◆ Task to complete ◆
Which lines in the records below mention the word "more"? Copy each one out.

____

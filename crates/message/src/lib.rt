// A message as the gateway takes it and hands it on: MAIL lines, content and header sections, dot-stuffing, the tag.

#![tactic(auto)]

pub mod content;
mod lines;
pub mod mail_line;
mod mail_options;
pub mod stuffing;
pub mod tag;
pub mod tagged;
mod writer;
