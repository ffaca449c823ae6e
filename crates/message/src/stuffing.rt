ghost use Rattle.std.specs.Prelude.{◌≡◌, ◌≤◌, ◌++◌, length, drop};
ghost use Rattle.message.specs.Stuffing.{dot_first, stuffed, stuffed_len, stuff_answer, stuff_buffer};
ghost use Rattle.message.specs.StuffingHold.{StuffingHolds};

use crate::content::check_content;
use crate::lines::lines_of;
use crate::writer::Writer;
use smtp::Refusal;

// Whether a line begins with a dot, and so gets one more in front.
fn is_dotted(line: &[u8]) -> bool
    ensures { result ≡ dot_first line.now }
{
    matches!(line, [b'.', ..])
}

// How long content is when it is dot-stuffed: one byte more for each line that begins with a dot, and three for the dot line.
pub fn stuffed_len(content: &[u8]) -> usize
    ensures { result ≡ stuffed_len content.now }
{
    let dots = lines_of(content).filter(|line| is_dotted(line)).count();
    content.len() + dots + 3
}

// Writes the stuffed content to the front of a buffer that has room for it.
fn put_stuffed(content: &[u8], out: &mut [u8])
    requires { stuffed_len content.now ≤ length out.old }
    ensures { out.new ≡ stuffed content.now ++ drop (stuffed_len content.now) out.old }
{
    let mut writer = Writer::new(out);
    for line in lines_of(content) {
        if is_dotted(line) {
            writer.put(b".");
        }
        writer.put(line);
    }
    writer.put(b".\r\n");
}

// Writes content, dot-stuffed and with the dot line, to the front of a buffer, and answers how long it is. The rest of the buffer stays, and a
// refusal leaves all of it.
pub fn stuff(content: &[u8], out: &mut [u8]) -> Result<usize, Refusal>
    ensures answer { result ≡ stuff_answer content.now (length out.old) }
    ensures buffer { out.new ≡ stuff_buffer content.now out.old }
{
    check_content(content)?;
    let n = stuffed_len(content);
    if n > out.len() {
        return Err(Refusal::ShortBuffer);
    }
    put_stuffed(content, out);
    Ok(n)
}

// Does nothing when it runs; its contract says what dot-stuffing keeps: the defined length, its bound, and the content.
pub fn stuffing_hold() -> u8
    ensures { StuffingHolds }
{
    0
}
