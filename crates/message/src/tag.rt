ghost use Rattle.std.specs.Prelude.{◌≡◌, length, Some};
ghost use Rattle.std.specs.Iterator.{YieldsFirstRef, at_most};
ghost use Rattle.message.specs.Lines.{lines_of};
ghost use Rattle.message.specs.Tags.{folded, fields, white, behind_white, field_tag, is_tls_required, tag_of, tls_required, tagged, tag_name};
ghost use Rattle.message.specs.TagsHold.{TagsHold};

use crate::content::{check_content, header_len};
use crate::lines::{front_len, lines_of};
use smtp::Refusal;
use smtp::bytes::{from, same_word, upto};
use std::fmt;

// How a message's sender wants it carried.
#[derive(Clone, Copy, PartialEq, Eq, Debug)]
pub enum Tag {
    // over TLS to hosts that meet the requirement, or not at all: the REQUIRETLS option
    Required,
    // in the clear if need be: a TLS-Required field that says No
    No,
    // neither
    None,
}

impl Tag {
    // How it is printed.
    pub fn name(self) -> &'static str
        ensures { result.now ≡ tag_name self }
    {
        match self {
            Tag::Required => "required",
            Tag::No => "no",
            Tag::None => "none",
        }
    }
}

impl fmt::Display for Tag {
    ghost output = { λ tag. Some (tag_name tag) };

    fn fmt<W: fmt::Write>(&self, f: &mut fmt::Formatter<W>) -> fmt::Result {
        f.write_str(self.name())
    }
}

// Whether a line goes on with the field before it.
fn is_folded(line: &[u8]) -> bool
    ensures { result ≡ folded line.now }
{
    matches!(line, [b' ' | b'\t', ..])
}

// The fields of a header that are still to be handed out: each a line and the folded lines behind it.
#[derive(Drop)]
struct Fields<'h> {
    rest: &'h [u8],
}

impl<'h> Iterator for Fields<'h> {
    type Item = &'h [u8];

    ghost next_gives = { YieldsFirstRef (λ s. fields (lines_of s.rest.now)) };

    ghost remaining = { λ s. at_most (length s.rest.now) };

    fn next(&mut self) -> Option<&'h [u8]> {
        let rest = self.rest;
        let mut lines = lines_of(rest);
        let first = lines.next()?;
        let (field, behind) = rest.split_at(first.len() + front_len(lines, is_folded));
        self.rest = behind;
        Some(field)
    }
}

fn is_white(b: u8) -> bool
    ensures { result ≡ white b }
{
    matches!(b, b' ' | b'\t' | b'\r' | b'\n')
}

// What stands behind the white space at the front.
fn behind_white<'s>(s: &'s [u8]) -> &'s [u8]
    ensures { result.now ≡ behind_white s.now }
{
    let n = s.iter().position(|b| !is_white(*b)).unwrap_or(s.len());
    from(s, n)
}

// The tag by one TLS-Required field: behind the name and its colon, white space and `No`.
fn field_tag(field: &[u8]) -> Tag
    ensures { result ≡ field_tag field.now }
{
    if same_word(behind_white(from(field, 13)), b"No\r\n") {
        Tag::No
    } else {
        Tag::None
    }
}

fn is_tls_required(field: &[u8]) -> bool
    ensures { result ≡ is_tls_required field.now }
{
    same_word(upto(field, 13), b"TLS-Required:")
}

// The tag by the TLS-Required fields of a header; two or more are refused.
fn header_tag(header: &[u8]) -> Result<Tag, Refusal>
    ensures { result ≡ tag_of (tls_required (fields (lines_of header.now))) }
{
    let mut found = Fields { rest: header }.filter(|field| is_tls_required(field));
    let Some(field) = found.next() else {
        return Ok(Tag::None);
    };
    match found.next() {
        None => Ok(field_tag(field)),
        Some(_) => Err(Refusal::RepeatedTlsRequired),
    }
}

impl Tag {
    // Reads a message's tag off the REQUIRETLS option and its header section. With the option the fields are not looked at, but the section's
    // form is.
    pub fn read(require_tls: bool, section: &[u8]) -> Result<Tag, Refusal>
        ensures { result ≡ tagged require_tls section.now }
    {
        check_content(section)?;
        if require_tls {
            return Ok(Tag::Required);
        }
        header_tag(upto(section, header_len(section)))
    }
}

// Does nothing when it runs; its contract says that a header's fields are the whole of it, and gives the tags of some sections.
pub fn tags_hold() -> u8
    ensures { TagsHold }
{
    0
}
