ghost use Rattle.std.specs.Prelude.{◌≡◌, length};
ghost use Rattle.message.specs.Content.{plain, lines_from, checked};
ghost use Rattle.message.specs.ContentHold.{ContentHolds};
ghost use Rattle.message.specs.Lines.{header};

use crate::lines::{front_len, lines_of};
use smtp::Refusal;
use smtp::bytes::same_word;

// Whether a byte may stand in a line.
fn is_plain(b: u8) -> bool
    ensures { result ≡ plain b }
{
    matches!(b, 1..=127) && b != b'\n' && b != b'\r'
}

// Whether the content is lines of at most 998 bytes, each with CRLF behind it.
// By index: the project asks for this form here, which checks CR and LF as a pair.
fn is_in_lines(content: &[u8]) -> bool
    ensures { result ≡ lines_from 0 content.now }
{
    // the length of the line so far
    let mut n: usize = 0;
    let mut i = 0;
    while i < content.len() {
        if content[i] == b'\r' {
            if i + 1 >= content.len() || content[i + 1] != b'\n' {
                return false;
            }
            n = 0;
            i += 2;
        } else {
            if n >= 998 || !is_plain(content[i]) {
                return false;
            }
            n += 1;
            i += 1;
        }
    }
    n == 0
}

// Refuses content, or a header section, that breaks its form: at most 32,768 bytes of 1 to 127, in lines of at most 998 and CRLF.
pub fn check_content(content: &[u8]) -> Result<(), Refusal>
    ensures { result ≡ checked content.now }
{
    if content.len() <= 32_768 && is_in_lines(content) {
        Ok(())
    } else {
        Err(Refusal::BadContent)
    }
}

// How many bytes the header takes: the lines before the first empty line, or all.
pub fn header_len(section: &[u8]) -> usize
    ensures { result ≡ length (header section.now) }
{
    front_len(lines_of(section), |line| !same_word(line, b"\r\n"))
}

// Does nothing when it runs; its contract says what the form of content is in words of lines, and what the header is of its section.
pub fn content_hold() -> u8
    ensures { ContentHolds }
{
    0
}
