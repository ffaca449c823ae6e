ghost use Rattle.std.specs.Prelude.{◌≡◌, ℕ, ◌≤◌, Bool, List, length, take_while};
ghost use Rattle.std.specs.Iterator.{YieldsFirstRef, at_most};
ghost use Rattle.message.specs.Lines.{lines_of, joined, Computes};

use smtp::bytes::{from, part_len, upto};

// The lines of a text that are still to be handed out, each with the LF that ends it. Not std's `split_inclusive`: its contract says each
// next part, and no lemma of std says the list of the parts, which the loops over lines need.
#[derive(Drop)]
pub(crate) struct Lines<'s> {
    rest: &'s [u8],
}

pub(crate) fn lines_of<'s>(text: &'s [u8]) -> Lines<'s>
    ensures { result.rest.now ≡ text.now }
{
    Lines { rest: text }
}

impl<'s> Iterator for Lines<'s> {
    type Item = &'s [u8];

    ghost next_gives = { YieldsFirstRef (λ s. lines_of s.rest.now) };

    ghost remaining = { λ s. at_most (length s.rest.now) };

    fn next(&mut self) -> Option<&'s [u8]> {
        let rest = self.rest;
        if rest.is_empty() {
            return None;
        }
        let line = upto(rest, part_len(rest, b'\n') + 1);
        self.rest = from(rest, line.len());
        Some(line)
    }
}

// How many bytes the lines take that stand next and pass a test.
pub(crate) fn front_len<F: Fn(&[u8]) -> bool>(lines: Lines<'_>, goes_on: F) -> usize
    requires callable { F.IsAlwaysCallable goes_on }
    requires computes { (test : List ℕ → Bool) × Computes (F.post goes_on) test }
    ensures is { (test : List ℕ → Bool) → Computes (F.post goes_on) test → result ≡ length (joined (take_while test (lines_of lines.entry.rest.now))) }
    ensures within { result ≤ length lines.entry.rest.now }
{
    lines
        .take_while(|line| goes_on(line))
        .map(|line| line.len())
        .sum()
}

____

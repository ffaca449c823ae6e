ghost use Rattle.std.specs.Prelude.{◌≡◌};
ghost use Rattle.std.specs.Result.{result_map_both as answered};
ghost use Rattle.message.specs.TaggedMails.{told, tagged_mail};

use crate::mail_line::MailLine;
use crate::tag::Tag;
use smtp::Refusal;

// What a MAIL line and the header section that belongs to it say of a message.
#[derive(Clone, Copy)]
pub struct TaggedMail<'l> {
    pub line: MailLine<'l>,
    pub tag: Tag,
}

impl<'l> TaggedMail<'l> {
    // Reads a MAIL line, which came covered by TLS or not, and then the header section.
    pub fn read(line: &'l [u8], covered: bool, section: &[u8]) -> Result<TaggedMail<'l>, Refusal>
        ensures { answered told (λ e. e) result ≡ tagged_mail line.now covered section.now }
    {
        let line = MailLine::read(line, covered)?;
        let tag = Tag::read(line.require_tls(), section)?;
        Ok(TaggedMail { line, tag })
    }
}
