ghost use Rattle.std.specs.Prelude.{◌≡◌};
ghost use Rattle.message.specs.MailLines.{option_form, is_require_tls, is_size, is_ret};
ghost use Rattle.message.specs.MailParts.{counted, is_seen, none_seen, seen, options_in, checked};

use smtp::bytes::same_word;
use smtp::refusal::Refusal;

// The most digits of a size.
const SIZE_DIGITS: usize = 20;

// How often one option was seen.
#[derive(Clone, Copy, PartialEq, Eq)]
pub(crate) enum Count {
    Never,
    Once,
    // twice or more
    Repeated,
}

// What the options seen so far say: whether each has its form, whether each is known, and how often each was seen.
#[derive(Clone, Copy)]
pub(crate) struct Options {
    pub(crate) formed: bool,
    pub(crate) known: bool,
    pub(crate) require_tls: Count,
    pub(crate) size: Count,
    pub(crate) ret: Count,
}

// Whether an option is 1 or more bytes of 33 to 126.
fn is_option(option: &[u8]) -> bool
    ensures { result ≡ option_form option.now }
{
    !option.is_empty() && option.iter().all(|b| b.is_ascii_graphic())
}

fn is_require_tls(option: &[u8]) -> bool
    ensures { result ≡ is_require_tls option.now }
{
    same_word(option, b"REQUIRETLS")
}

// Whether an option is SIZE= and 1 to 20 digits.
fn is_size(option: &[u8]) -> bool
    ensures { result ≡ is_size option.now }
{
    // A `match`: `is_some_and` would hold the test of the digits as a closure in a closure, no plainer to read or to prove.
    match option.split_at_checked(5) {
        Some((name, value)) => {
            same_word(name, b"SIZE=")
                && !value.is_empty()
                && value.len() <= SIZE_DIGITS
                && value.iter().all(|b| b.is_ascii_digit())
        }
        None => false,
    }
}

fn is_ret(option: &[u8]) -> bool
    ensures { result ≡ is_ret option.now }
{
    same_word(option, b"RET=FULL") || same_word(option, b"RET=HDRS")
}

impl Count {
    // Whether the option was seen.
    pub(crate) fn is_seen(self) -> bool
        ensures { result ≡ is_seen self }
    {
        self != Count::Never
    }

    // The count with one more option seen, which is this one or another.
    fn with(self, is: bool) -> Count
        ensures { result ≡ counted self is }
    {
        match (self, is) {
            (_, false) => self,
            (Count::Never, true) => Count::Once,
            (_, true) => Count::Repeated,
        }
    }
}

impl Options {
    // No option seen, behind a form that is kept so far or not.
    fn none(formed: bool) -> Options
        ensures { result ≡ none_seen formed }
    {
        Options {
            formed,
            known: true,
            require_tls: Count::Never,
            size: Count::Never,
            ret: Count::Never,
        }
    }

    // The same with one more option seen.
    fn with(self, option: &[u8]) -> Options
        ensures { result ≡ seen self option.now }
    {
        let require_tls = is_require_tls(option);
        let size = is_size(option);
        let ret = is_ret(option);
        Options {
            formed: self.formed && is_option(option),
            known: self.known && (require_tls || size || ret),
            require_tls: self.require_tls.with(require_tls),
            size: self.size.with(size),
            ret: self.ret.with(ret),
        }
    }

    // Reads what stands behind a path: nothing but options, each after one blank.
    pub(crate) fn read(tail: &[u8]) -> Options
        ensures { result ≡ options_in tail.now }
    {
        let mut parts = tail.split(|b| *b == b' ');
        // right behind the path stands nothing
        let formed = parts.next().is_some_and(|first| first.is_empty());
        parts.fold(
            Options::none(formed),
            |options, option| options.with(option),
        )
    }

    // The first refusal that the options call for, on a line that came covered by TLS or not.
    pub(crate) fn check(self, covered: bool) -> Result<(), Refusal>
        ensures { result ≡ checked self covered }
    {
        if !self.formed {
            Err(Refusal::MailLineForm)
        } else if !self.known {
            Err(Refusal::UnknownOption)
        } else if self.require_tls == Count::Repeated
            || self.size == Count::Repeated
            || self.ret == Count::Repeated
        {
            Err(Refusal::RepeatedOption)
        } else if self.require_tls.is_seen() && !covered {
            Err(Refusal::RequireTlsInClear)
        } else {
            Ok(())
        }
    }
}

____

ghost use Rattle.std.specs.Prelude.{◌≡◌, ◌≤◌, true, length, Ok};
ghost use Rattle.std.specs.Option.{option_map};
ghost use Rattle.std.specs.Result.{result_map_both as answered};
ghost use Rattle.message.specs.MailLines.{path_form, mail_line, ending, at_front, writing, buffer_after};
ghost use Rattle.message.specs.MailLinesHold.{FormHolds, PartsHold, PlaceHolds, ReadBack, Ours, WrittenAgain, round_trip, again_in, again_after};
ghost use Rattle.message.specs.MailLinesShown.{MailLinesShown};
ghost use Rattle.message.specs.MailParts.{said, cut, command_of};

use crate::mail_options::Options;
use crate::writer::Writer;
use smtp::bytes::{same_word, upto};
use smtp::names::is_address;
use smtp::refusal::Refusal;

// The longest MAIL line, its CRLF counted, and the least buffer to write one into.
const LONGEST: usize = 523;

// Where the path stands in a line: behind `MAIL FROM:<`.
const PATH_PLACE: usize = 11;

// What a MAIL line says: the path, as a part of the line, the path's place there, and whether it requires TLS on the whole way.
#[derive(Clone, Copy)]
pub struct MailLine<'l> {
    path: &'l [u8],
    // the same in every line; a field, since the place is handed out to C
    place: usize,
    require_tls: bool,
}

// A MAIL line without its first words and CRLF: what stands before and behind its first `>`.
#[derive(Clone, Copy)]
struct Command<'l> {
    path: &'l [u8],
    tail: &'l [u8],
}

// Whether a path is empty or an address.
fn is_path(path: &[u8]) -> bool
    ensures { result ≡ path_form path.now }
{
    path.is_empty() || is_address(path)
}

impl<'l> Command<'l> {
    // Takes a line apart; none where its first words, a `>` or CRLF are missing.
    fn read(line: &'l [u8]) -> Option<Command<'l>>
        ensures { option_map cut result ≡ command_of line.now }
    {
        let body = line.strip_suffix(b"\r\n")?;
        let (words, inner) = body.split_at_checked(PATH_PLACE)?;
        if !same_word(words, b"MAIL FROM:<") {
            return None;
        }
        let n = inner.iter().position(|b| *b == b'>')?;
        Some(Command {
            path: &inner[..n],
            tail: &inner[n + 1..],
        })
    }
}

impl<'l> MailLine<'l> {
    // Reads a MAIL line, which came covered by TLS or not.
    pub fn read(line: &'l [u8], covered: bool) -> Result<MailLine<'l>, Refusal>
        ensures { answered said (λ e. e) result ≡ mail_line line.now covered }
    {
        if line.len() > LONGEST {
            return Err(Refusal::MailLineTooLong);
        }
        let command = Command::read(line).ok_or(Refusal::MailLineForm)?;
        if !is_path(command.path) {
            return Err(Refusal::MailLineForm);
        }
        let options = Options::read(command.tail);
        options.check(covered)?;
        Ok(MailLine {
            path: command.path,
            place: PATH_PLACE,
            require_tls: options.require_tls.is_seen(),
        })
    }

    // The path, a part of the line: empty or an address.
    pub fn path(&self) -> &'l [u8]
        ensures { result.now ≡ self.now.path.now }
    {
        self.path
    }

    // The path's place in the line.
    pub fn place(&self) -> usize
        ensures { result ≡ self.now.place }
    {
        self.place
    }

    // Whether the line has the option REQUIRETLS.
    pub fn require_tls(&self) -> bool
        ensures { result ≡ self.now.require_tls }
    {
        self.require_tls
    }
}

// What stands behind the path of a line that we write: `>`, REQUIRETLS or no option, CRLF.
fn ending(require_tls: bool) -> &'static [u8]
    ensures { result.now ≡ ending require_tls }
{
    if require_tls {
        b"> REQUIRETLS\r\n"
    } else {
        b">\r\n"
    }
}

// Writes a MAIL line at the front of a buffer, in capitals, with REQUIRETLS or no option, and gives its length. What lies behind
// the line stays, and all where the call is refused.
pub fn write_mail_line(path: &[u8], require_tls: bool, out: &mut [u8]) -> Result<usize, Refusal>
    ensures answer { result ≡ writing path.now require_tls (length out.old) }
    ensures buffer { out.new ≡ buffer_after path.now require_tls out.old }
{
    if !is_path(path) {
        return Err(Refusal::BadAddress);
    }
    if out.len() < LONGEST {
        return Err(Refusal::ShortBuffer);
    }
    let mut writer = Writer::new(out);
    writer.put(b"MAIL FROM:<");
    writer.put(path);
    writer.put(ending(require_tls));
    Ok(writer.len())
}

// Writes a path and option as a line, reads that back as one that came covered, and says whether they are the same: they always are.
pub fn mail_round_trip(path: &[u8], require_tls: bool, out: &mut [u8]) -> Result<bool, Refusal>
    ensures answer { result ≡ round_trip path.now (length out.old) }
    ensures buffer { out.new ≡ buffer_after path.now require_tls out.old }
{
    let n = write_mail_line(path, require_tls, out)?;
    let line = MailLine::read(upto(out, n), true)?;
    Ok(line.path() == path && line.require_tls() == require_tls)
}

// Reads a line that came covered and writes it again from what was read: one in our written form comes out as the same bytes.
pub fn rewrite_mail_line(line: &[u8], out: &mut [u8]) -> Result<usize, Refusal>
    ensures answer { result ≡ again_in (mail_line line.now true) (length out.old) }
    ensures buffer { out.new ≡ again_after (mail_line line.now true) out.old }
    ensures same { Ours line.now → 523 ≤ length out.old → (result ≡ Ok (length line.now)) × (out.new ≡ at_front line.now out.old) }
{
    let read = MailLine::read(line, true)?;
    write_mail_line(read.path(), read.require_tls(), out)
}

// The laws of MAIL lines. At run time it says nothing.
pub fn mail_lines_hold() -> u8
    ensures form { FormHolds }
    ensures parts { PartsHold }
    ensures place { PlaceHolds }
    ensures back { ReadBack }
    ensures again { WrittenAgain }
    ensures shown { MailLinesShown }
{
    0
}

____

◆ Solution ◆
// Whether a line begins with a dot, and so gets one more in front.
// How long content is when it is dot-stuffed: one byte more for each line that begins with a dot, and three for the dot line.
// The tag by the TLS-Required fields of a header; two or more are refused.
    // twice or more
// Whether an option is 1 or more bytes of 33 to 126.
    // The count with one more option seen, which is this one or another.
    // The same with one more option seen.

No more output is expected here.